■ BRIEF
Can you find the lines of the listing that include "from" and copy every one?

--------------------------------

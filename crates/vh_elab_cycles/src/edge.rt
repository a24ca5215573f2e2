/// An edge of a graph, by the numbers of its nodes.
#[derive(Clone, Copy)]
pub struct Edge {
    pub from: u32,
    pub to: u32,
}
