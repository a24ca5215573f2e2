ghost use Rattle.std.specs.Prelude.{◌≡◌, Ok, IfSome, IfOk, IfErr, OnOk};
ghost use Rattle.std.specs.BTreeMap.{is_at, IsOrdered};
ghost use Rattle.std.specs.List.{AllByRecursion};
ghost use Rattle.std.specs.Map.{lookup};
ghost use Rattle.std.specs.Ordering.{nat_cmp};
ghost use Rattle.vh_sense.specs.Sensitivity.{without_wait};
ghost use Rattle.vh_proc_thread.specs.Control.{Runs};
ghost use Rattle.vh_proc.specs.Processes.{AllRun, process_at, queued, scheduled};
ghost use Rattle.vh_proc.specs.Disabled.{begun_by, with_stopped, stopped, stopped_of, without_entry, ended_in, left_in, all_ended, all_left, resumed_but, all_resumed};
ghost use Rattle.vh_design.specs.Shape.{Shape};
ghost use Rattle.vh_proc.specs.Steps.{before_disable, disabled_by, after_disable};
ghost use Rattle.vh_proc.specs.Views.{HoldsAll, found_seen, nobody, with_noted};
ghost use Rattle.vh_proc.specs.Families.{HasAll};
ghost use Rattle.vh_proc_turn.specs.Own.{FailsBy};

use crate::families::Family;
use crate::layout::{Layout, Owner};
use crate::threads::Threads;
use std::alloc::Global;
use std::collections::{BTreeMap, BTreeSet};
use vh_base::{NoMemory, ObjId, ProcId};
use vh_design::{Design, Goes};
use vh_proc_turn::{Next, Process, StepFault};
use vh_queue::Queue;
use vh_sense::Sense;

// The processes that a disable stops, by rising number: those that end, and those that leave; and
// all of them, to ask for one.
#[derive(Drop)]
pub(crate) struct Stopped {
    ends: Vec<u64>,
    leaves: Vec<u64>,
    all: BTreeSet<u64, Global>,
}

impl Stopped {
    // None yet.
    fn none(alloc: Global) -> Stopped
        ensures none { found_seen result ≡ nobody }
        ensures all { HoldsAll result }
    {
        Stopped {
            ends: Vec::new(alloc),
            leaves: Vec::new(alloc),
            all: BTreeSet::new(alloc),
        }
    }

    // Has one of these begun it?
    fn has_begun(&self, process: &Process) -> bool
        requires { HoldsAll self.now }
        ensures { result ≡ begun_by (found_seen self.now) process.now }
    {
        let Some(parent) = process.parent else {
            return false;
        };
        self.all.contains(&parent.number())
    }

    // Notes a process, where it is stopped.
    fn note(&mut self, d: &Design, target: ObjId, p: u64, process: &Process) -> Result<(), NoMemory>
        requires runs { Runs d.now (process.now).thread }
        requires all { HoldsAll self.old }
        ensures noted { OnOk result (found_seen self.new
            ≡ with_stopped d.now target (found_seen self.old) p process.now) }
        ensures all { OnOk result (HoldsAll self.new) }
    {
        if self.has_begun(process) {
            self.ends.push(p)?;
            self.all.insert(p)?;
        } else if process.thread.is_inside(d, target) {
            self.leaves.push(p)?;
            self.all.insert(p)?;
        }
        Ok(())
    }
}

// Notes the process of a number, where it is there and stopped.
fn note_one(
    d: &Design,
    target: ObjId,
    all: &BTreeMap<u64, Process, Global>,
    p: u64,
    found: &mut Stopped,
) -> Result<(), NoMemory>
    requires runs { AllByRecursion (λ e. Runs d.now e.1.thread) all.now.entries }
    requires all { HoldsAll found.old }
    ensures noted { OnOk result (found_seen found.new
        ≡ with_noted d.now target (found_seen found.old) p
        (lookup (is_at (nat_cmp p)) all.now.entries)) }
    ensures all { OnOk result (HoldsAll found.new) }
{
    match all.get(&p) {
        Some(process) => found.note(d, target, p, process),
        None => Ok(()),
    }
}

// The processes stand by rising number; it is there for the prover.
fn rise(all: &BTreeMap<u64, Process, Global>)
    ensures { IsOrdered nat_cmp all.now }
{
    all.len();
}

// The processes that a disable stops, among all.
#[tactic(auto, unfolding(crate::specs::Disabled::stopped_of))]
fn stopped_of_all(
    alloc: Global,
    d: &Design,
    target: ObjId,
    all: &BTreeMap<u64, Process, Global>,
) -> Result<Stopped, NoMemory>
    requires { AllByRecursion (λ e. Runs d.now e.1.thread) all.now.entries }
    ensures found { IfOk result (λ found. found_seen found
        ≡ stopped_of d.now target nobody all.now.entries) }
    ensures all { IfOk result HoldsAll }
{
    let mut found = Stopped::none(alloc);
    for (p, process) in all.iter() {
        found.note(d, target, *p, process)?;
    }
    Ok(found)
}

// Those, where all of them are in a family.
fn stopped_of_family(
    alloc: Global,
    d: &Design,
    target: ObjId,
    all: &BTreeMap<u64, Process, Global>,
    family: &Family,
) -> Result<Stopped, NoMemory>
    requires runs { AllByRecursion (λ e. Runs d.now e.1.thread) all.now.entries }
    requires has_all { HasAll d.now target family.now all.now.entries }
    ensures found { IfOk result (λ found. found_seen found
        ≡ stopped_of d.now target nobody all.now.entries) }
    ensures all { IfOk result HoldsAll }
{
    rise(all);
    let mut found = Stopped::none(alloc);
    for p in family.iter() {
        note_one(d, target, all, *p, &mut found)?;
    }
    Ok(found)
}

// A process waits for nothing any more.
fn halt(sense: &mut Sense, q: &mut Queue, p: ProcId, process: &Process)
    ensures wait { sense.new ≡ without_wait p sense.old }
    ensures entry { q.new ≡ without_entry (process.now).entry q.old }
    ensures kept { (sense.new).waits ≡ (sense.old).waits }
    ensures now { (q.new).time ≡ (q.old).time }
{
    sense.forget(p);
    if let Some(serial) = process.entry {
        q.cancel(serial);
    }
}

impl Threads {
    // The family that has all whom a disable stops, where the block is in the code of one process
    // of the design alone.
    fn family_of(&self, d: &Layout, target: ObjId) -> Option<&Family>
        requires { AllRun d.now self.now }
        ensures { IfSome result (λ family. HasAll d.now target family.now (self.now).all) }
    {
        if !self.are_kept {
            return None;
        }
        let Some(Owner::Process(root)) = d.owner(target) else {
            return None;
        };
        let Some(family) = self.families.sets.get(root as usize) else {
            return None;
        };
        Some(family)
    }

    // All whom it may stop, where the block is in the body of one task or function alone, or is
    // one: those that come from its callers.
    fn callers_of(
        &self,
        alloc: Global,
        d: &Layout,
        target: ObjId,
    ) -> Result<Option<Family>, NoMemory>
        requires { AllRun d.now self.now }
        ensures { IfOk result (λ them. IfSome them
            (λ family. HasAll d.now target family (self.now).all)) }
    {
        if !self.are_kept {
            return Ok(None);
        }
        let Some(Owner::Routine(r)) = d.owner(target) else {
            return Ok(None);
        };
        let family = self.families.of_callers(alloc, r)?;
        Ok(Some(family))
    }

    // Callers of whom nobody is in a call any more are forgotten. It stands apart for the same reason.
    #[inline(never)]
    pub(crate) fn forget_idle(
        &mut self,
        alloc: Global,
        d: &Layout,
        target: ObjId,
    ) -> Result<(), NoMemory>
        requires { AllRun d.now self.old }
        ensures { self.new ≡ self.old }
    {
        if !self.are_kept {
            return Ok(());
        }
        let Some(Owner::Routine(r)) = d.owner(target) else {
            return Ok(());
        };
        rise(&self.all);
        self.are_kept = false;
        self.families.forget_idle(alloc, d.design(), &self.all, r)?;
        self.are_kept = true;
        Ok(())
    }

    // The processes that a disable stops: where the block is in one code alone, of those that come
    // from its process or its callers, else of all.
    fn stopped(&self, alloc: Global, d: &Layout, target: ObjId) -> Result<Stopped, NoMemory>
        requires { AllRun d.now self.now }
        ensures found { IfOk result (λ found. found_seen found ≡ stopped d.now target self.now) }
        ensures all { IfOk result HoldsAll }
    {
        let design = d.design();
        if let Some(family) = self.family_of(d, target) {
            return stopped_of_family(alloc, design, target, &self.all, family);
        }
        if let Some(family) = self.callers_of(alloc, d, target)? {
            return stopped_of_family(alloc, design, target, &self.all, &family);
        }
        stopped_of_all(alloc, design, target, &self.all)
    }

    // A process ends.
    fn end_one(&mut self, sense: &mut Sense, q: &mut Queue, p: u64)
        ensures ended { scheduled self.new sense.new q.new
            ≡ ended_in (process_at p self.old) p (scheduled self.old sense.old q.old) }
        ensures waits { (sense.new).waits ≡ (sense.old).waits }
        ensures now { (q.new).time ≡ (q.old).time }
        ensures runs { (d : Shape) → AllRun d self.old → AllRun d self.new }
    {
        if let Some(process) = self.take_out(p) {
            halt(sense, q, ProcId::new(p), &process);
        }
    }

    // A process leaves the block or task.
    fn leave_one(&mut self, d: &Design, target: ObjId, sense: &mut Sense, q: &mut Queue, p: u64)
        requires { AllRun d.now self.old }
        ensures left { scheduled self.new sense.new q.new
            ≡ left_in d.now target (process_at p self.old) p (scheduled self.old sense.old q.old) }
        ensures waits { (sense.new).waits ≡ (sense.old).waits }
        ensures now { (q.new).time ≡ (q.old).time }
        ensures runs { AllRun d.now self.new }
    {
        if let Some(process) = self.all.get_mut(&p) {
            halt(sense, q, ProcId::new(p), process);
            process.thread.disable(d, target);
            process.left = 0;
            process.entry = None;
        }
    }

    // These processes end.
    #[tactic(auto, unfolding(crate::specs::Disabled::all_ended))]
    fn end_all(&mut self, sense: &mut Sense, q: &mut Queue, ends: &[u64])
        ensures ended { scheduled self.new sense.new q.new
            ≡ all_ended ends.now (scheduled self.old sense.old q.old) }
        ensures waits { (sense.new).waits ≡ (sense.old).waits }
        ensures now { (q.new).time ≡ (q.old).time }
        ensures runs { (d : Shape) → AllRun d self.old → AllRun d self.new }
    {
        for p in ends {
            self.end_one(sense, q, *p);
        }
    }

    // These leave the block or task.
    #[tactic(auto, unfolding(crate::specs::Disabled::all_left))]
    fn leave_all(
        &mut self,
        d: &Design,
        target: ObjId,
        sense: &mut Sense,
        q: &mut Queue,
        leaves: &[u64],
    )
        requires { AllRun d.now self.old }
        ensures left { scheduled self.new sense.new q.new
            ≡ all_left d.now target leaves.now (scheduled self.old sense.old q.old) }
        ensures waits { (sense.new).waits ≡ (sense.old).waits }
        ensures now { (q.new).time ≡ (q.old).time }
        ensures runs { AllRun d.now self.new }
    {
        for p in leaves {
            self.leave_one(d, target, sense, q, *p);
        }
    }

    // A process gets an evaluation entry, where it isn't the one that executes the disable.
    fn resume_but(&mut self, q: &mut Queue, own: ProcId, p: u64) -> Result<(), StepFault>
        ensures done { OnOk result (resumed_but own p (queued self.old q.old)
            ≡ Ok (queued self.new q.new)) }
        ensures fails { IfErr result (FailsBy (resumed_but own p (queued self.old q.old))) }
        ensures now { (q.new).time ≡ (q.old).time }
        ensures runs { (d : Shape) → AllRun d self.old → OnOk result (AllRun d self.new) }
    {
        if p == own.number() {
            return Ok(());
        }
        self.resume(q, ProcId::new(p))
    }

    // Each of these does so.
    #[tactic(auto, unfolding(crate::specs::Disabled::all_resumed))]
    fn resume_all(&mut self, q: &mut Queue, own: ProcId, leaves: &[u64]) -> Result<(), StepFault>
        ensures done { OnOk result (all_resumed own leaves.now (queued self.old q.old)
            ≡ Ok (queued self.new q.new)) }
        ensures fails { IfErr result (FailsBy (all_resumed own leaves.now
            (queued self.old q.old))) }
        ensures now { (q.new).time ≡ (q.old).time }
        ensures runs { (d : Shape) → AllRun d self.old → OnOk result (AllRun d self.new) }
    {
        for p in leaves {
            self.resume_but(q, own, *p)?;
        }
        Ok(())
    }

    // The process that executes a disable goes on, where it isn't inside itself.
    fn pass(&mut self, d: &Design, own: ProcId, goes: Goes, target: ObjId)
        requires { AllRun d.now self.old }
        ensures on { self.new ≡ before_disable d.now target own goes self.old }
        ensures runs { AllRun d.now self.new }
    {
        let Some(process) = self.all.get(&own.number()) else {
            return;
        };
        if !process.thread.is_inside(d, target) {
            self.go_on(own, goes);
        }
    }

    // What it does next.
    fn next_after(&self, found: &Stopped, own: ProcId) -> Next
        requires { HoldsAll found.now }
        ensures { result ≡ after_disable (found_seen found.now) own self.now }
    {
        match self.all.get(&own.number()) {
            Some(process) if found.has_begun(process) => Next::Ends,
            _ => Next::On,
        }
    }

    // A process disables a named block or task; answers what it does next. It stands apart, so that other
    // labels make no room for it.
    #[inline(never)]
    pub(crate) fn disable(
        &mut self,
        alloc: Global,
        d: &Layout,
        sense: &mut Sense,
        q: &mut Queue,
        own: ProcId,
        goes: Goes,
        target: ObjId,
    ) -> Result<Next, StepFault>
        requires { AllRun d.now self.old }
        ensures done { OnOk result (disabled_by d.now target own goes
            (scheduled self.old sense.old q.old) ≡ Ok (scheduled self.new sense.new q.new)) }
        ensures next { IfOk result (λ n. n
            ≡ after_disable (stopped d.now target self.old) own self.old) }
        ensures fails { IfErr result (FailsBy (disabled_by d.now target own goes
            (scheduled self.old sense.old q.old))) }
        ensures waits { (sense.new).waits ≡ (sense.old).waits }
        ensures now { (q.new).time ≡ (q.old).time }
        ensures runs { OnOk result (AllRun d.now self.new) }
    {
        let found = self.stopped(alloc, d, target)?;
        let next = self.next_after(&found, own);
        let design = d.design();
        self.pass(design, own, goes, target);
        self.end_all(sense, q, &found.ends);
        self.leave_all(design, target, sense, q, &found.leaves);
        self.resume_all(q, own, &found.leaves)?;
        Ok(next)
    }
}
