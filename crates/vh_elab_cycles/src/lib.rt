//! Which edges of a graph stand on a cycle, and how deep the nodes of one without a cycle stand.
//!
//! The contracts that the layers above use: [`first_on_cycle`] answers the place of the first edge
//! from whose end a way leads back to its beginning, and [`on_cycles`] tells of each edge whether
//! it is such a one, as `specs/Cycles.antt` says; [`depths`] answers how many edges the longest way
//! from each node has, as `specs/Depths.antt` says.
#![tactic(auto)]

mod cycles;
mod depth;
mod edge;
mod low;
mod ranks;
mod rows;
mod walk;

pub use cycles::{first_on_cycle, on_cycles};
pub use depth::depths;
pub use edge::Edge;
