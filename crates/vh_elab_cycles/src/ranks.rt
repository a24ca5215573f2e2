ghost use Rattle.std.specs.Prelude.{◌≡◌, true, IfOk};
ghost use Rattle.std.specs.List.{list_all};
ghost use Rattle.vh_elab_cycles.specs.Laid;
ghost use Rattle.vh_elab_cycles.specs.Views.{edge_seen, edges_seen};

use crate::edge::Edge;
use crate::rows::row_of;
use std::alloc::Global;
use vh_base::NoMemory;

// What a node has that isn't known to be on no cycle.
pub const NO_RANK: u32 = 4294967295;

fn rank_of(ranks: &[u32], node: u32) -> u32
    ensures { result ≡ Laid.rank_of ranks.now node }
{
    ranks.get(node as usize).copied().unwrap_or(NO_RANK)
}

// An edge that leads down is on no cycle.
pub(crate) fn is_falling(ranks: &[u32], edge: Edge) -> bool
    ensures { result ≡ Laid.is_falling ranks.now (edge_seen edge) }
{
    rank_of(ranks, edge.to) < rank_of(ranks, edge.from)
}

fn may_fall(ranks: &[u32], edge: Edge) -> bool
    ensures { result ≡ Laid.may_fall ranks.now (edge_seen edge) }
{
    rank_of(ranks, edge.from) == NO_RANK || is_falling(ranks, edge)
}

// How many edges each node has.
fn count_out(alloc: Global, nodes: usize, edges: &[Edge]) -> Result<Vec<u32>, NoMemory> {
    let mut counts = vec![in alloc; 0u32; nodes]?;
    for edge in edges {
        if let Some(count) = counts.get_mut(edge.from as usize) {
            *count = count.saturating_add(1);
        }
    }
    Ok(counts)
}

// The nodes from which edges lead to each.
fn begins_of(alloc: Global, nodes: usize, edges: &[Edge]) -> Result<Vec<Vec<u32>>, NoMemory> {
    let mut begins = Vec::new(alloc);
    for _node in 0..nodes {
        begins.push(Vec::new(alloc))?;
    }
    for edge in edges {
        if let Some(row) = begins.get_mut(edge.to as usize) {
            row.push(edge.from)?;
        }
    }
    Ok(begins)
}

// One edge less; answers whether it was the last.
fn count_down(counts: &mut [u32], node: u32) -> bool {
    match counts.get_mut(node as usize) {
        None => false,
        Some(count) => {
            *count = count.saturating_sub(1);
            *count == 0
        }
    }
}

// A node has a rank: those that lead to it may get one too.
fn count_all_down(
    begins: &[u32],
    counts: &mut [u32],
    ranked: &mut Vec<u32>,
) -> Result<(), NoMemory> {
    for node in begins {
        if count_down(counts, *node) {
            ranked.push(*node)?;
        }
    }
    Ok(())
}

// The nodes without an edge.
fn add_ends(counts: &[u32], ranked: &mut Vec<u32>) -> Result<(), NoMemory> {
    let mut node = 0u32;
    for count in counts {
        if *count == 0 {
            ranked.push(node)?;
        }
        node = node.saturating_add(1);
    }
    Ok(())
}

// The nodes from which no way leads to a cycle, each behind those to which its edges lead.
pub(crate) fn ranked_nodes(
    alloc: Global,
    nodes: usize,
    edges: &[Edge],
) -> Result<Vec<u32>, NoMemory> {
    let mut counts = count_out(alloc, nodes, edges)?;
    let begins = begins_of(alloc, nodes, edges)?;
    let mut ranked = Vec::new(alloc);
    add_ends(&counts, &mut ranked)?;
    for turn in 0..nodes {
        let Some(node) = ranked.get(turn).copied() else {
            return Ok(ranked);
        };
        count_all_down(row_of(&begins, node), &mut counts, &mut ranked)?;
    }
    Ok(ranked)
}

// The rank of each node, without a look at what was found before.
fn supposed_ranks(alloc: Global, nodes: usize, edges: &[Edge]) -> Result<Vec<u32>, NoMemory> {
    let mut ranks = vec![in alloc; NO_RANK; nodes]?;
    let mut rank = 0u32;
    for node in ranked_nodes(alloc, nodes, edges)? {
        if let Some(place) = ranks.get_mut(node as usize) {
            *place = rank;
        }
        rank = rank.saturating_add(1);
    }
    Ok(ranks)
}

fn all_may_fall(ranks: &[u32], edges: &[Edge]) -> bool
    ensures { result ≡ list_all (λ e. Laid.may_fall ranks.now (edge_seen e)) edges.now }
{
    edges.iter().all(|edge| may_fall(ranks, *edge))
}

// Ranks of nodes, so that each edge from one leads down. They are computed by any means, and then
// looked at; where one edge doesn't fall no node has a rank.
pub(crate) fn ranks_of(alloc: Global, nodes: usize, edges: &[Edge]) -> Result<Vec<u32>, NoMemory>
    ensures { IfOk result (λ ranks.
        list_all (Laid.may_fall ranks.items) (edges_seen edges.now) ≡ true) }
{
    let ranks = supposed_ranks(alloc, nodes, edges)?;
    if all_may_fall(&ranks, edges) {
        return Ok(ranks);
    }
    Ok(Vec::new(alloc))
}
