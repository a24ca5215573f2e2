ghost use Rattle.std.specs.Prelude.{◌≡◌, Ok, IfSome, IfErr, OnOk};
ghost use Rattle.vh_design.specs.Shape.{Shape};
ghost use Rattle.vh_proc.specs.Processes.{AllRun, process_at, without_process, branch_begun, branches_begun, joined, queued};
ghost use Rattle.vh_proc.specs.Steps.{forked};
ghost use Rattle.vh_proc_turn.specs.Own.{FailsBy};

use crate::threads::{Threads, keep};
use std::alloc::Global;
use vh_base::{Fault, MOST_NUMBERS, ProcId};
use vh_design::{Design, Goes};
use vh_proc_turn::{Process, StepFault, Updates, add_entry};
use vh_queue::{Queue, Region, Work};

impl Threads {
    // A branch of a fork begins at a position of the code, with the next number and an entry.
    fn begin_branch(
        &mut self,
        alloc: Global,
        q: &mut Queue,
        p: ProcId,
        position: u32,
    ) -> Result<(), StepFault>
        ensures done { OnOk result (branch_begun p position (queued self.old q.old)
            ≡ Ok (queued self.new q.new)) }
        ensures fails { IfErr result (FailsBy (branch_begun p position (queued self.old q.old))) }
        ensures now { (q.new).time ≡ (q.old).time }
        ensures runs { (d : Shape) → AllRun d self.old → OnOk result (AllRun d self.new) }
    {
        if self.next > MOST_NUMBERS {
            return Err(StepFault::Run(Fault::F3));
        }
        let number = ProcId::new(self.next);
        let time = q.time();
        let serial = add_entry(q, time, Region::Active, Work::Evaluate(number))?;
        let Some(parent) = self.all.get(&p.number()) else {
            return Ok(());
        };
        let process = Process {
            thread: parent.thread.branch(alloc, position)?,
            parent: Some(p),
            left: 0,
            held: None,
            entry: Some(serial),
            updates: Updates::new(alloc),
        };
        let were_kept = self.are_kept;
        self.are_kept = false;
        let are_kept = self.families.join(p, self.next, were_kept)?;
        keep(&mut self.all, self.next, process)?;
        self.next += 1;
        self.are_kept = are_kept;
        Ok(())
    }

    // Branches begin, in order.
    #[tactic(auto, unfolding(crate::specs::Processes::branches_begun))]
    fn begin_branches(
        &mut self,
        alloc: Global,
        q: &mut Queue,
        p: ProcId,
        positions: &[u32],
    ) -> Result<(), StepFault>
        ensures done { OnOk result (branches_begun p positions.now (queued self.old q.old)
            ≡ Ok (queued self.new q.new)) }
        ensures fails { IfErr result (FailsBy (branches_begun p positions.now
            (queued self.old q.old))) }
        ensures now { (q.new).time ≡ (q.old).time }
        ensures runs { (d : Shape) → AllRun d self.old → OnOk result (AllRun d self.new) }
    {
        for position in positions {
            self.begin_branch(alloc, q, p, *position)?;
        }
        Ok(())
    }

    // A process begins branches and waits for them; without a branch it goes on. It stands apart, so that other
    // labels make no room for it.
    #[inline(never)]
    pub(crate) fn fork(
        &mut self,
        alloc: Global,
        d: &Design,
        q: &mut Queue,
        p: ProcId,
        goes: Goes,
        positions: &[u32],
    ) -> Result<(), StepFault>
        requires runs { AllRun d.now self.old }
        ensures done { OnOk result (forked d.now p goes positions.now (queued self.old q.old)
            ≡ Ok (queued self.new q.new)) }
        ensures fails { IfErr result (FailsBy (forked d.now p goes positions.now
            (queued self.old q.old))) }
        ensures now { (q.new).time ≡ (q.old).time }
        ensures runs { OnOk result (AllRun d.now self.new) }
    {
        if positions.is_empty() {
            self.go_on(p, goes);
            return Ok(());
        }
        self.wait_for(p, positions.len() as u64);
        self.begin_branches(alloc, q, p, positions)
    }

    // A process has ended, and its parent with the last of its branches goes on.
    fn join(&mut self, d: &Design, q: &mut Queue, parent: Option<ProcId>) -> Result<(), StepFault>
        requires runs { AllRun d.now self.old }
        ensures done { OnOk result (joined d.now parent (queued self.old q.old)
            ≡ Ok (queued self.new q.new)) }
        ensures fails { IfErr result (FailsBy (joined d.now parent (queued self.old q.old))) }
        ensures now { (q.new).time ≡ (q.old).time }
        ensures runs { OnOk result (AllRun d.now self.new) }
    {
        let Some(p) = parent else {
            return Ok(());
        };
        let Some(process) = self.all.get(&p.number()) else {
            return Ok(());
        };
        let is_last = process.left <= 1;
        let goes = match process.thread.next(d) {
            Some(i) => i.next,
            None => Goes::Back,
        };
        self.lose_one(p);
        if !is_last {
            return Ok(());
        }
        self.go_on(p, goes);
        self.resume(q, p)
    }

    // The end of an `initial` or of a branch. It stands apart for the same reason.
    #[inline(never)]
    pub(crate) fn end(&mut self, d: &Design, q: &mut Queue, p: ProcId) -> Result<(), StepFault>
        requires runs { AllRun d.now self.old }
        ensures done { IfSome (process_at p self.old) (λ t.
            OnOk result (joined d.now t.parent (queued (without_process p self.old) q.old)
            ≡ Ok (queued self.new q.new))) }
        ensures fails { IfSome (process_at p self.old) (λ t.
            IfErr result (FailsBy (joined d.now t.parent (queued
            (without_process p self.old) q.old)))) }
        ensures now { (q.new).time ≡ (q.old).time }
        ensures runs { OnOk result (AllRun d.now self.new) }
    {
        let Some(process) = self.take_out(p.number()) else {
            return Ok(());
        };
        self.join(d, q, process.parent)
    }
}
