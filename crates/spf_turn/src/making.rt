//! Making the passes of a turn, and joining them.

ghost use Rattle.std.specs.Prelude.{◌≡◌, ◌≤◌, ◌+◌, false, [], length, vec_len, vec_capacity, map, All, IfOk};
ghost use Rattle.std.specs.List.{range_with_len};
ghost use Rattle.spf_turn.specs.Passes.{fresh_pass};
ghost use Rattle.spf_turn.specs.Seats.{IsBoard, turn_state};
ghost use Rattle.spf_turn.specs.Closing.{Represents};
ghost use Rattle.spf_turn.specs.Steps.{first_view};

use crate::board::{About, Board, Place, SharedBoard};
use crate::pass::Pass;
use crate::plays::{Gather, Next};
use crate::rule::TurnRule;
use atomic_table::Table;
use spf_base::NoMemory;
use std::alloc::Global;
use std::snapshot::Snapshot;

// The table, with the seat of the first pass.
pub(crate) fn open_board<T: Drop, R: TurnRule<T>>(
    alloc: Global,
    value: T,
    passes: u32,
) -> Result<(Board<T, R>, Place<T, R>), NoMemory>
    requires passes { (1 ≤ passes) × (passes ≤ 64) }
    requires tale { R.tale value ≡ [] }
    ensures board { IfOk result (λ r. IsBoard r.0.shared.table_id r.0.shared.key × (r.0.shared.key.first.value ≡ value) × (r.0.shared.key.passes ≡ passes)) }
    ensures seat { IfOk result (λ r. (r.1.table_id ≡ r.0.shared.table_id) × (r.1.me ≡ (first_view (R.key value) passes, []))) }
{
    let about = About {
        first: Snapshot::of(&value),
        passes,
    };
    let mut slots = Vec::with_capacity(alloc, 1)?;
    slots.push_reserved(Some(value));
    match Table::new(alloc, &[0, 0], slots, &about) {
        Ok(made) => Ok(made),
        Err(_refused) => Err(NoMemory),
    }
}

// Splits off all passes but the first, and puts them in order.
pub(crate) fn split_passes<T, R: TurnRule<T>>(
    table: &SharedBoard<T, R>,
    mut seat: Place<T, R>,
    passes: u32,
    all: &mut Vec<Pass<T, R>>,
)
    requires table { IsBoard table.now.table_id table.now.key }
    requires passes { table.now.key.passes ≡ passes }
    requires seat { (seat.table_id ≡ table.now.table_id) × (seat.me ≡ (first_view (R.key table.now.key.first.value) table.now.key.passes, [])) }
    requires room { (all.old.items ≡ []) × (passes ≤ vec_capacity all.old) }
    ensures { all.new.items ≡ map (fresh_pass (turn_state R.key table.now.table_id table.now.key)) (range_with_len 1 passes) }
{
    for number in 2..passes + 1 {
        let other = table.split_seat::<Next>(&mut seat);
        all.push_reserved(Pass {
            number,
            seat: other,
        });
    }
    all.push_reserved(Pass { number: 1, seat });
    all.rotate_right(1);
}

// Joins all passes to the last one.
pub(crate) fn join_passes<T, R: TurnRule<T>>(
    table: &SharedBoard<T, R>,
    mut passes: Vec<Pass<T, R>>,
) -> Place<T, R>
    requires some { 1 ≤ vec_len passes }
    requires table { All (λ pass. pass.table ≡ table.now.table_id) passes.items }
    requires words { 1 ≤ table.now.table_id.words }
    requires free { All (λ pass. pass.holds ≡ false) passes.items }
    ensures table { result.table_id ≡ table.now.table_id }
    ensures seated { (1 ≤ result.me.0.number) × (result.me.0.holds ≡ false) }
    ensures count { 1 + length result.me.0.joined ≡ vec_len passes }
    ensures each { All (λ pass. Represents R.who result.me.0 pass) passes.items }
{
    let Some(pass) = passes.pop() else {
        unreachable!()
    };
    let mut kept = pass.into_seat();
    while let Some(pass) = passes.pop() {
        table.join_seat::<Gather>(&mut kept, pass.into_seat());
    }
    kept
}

--------------------------------

■ RESULT OF THE TASK
    pub from: u32,
    // one: those that come from its callers.
    // from its process or its callers, else of all.
//! from whose end a way leads back to its beginning, and [`on_cycles`] tells of each edge whether
//! from each node has, as `specs/Depths.antt` says.
    rank_of(ranks, edge.to) < rank_of(ranks, edge.from)
    rank_of(ranks, edge.from) == NO_RANK || is_falling(ranks, edge)
        if let Some(count) = counts.get_mut(edge.from as usize) {
// The nodes from which edges lead to each.
            row.push(edge.from)?;
// The nodes from which no way leads to a cycle, each behind those to which its edges lead.
// Ranks of nodes, so that each edge from one leads down. They are computed by any means, and then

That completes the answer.